'Mijn werk brengt geen geld binnen, dat moeten de wetenschappers doen'

| Redactie

De TH verliet hij als wetenschappelijk medewerker bij de leerstoel theoretische natuurkunde. Zestien jaar later keerde hij terug als faculteitsdirecteur van TN. In de tussentijd was hij directeur van twee orkesten en van het muziekcentrum Enschede in oprichting. Bindende factor tussen wetenschap en cultuur: het ministerie, met als rode draad: bezuinigingen. De problemen van financiële aard bij zijn faculteit hebben dr. Peter van de Braak echter onaangenaam verrast.

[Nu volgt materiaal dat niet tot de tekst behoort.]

#[test]
fn scripts_with_what_they_write(rt: HostRuntime) -> Result<(), Fail> {
    let alloc = rt.alloc();
    let cases = [
        Case {
            script: &[""],
            status: 0,
            output: &["= 0 0 0\n"],
        },
        Case {
            script: &["+\n>1 182\n", JOIN, "\n>1 385\n", INSERT, "\n"],
            status: 0,
            output: &["<1 229\n", JOINED, "\n<1 231\n", INSERTED, "\n= 1 1 0\n"],
        },
        Case {
            script: &["+\n>1 385\n", INSERT, "\n"],
            status: 0,
            output: &["<1 246\n", DENIED, "\n= 0 0 0\n"],
        },
        Case {
            script: &[
                "+\n>1 105\n<SSAP_message><transaction_id>1</transaction_id><transaction_type>JOIN</transaction_type><transaction_id>\n",
            ],
            status: 0,
            output: &["!1 90 syntax\n= 0 0 0\n"],
        },
        Case {
            script: &[
                "+\n>1 64\n<SSAP_message><transaction_id>1</transaction_id><transaction_id>\n",
            ],
            status: 0,
            output: &["!1 61 syntax\n= 0 0 0\n"],
        },
        Case {
            script: &["+\n>1 187\n", JOIN, "<SSAP\n-1\n-1\n"],
            status: 0,
            output: &["<1 229\n", JOINED, "\n!1 182 cut\n!1 0 closed\n= 0 0 0\n"],
        },
        Case {
            script: &["+\n>1 229\n", JOINED, "\n>1 1\nx\n-1\n"],
            status: 0,
            output: &["!1 0 request\n!1 0 closed\n!1 0 closed\n= 0 0 0\n"],
        },
    ];
    check_all(alloc, &rt, &cases)
}

#[test]
fn scripts_that_are_none_and_links_that_close(rt: HostRuntime) -> Result<(), Fail> {
    let alloc = rt.alloc();
    for (script, status, output) in [
        ("+", 3, "? 1\n"),
        (">1 3\nabcX", 3, "? 8\n"),
        ("+\n>1 5\nab", 3, "? 9\n"),
        (">1 0\n\n", 0, "!1 0 closed\n= 0 0 0\n"),
        ("+\n+\n-1\n+\n-2\n-3\n-3\n", 0, "!3 0 closed\n= 0 0 0\n"),
        (
            "+\n>1 1\nx\n>1 1\nx\n+\n>2 1\nx\n",
            0,
            "!1 0 syntax\n!1 0 closed\n!2 0 syntax\n= 0 0 0\n",
        ),
    ] {
        check(alloc, &rt, script.as_bytes(), PLAIN, status, output)?;
    }
    Ok(())
}

// A script in which these bytes come on link 1, so many at a time.
fn delivered(alloc: Global, text: &[u8], piece: usize) -> Result<Vec<u8>, Fail> {
    let mut script = Vec::from_slice(alloc, b"+\n")?;
    for part in text.chunks(piece.max(1)) {
        let count = part.len();
        script.extend_from_slice(format!(in alloc; ">1 {count}\n")?.as_bytes())?;
        script.extend_from_slice(part)?;
        script.push(b'\n')?;
    }
    Ok(script)
}

#[test]
fn deliveries_and_reads_of_one_byte(rt: HostRuntime) -> Result<(), Fail> {
    let alloc = rt.alloc();
    let messages = together(alloc, &[JOIN_OTHERWISE, INSERT_OTHERWISE])?;
    let output = together(
        alloc,
        &["<1 229\n", JOINED, "\n<1 231\n", INSERTED, "\n= 1 1 0\n"],
    )?;
    let script = delivered(alloc, messages.as_bytes(), 1)?;
    check(alloc, &rt, &script, PLAIN, 0, &output)?;
    let trial = Trial {
        space: "X",
        piece: 1,
        failing_read: 0,
        failing_write: 0,
    };
    check(alloc, &rt, &script, trial, 0, &output)
}

// A JOIN whose credentials have so many letters.
fn long_join(alloc: Global, letters: usize) -> Result<Vec<u8>, Fail> {
    let heads = JOIN
        .as_bytes()
        .strip_suffix(b"</SSAP_message>")
        .unwrap_or(b"");
    let mut message = Vec::from_slice(alloc, heads)?;
    message.extend_from_slice(b"<parameter name=\"credentials\">")?;
    for _ in 0..letters {
        message.push(b'a')?;
    }
    message.extend_from_slice(b"</parameter></SSAP_message>")?;
    Ok(message)
}

#[test]
fn messages_as_long_as_may_be(rt: HostRuntime) -> Result<(), Fail> {
    let alloc = rt.alloc();
    let joined = together(alloc, &["<1 229\n", JOINED, "\n= 0 0 0\n"])?;
    let longest = long_join(alloc, 4_194_080)?;
    assert_eq!(rt; longest.len(), 4_194_304);
    let script = delivered(alloc, &longest, 65_536)?;
    check(alloc, &rt, &script, PLAIN, 0, &joined)?;
    let longer = long_join(alloc, 4_194_081)?;
    let script = delivered(alloc, &longer, 65_536)?;
    check(alloc, &rt, &script, PLAIN, 0, "!1 0 long\n= 0 0 0\n")
}

// A request of the node k, and the length and the status of its confirm, where one is sent.
#[derive(Clone, Copy)]
struct Exchange<'a> {
    link: u32,
    kind: &'a str,
    id: u32,
    space: &'a str,
    params: &'a str,
    length: u32,
    status: &'a str,
}

const fn asks(
    link: u32,
    kind: &'static str,
    id: u32,
    params: &'static str,
    length: u32,
    status: &'static str,
) -> Exchange<'static> {
    Exchange {
        link,
        kind,
        id,
        space: "X",
        params,
        length,
        status,
    }
}

// A message of the node k.
fn spelled(alloc: Global, kind: &str, exchange: &Exchange<'_>) -> Result<String, Fail> {
    let Exchange {
        link: _,
        kind: transaction,
        id,
        space,
        params: _,
        length: _,
        status: _,
    } = exchange;
    Ok(format!(in alloc;
        "<SSAP_message><message_type>{kind}</message_type><transaction_type>{transaction}</transaction_type><transaction_id>{id}</transaction_id><node_id>k</node_id><space_id>{space}</space_id>"
    )?)
}

// A request behind others, in a script.
fn asked(alloc: Global, script: &mut String, exchange: &Exchange<'_>) -> Result<(), Fail> {
    let heads = spelled(alloc, "REQUEST", exchange)?;
    let message = together(alloc, &[&heads, exchange.params, "</SSAP_message>"])?;
    let link = exchange.link;
    let count = message.len();
    script.push_str(&format!(in alloc; ">{link} {count}\n{message}\n")?)?;
    Ok(())
}

// Its confirm behind others, in an output.
fn confirmed(alloc: Global, output: &mut String, exchange: &Exchange<'_>) -> Result<(), Fail> {
    let heads = spelled(alloc, "CONFIRM", exchange)?;
    let link = exchange.link;
    let count = exchange.length;
    let status = exchange.status;
    output.push_str(&format!(in alloc;
        "<{link} {count}\n{heads}<parameter name=\"status\">m3:{status}</parameter></SSAP_message>\n"
    )?)?;
    Ok(())
}

// Runs a script that opens links and then asks these.
fn exchanged<R: Threads + Sync + Abort>(
    alloc: Global,
    rt: &R,
    opens: &str,
    exchanges: &[Exchange<'_>],
    last: &str,
) -> Result<(), Fail> {
    let mut script = String::from_str(alloc, opens)?;
    let mut output = String::new(alloc);
    for exchange in exchanges {
        asked(alloc, &mut script, exchange)?;
        if exchange.length > 0 {
            confirmed(alloc, &mut output, exchange)?;
        }
    }
    output.push_str(last)?;
    check(alloc, rt, script.as_bytes(), PLAIN, 0, &output)
}

#[test]
fn statuses_of_requests(rt: HostRuntime) -> Result<(), Fail> {
    let alloc = rt.alloc();
    let exchanges = [
        asks(1, "INSERT", 1, A_ONE, 246, "SIB.Error.AccessDenied"),
        asks(1, "JOIN", 2, "", 229, "Success"),
        asks(1, "JOIN", 3, "", 229, "Success"),
        asks(1, "INSERT", 4, A_ANY, 240, "KP.Error.Request"),
        asks(1, "INSERT", 5, "", 251, "KP.Error.Message.Incomplete"),
        asks(1, "INSERT", 6, A_TWICE, 247, "KP.Error.Message.Syntax"),
        asks(1, "INSERT", 7, A_NODE, 250, "SIB.Failure.NotImplemented"),
        Exchange {
            link: 1,
            kind: "LEAVE",
            id: 8,
            space: "Y",
            params: "",
            length: 239,
            status: "KP.Error.Request",
        },
    ];
    exchanged(alloc, &rt, "+\n", &exchanges, "= 0 0 0\n")
}

#[test]
fn nodes_that_speak_on_any_link_and_leave(rt: HostRuntime) -> Result<(), Fail> {
    let alloc = rt.alloc();
    let exchanges = [
        asks(2, "JOIN", 1, "", 229, "Success"),
        asks(1, "INSERT", 2, A_ONE, 231, "Success"),
        asks(3, "INSERT", 3, A_SILENT, 0, ""),
        asks(1, "LEAVE", 4, "", 230, "Success"),
        asks(2, "INSERT", 5, A_ONE, 246, "SIB.Error.AccessDenied"),
    ];
    exchanged(alloc, &rt, "+\n+\n+\n", &exchanges, "= 2 1 0\n")
}

#[test]
fn links_beside_256_and_words_that_are_no_form(rt: HostRuntime) -> Result<(), Fail> {
    let alloc = rt.alloc();
    let mut script = Vec::new(alloc);
    for _ in 0..257 {
        script.extend_from_slice(b"+\n")?;
    }
    check(alloc, &rt, &script, PLAIN, 0, "!0 256 full\n= 0 0 0\n")?;
    for space in ["", "\u{1}", "a\u{fffe}"] {
        let trial = Trial {
            space,
            piece: 1,
            failing_read: 1,
            failing_write: 1,
        };
        check(alloc, &rt, b"+\n", trial, 2, "")?;
    }
    Ok(())
}

// A run of this script, which a read or a write fails, gives so many bytes of the output, and has this status.
fn check_cut<R: Threads + Sync + Abort>(
    alloc: Global,
    rt: &R,
    trial: Trial<'_>,
    status: u8,
    length: usize,
) -> Result<(), Fail> {
    let script = together(alloc, &["+\n>1 182\n", JOIN, "\n"])?;
    let output = together(alloc, &["<1 229\n", JOINED, "\n= 0 0 0\n"])?;
    let Ended {
        status: ended,
        written,
    } = ran(alloc, rt, script.as_bytes(), trial)?;
    assert_eq!(rt; ended, status);
    assert!(rt; written.as_slice() == output.as_bytes().split_at(length.min(output.len())).0);
    Ok(())
}

// Three reads give the script, and the fourth finds its end. Before each read and at the end the sink is flushed: behind the
// third read come the header, the message and the line end of the confirm, and behind the fourth the last line.
#[test]
fn each_read_and_each_write_fails_in_turn(rt: HostRuntime) -> Result<(), Fail> {
    let alloc = rt.alloc();
    for (before, length) in [0, 0, 0, 0, 7, 236, 237, 237, 245].iter().enumerate() {
        let trial = Trial {
            space: "X",
            piece: 64,
            failing_read: 0,
            failing_write: before + 1,
        };
        check_cut(alloc, &rt, trial, 5, *length)?;
    }
    for (before, length) in [0, 0, 0, 237].iter().enumerate() {
        let trial = Trial {
            space: "X",
            piece: 64,
            failing_read: before + 1,
            failing_write: 0,
        };
        check_cut(alloc, &rt, trial, 4, *length)?;
    }
    let trial = Trial {
        space: "X",
        piece: 64,
        failing_read: 0,
        failing_write: 2,
    };
    check(alloc, &rt, b"x", trial, 5, "")
}

#[test]
fn laws_and_limits(rt: HostRuntime) -> Result<(), Fail> {
    outputs_are_told();
    outputs_exist();
    spaces_are_run();
    messages_are_written_as_sent();
    subscriptions_are_followed();
    assert_eq!(rt; INPUT_LIMIT, 1_099_511_627_776);
    Ok(())
}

Toen Van de Braak vanuit het Limburgse land naar de UT afreisde was hij uiteraard op de hoogte van de door het ministerie aangekondigde bezuinigingen. Maar van de ambitieuze ombuigingsplannen binnen de universiteit én de financiële malaise binnen TN weet hij pas sinds zijn benoeming per 1 mei. 'Ja, dat had ik liever anders gewild. Het is niet de meest prettige manier een nieuwe baan te beginnen.'

Zijn kamer oogt nog wat kaal. Voor de inrichting heeft hij weinig tijd. De financiële problemen hebben hem vanaf het begin volledig opgeëist. 'Toen ik hier binnen kwam was iedereen vol van de bezuinigingen.' Slechts een in plexiglas gevatte muziekstandaard herinnert de bezoeker aan het muzikale verleden van de directeur. Met zijn viool wenst hij zich niet in het openbaar te vertonen. Hij is een 'gewone amateur' die zich beperkt tot 'kamermuziek'.

Ellende

Zeer van toepassing op zijn aanstelling lijkt de tekening van Peter van Straaten, die achter zijn bureau hangt: 'Wat een ellende nou... we hadden zo gehoopt dat jij een paar ideeën had.' Want ongeacht de door het College op te leggen bezuinigingen moet TN een forse veer laten. Wijzigingen in het verdeelsysteem tussen de verschillende faculteiten en andere ontwikkelingen, zoals de daling van het aantal instromende studenten en de stijging van de prijs van het vloeroppervlak, pakken allemaal nadelig uit voor TN. Volgens de nieuwe faculteitsdirecteur gaat het in een ruwe schatting om 1,5 miljoen gulden op een totaal budget van bijna negentien miljoen, waarvan ruim dertien miljoen opgaat aan personeel in vaste dienst.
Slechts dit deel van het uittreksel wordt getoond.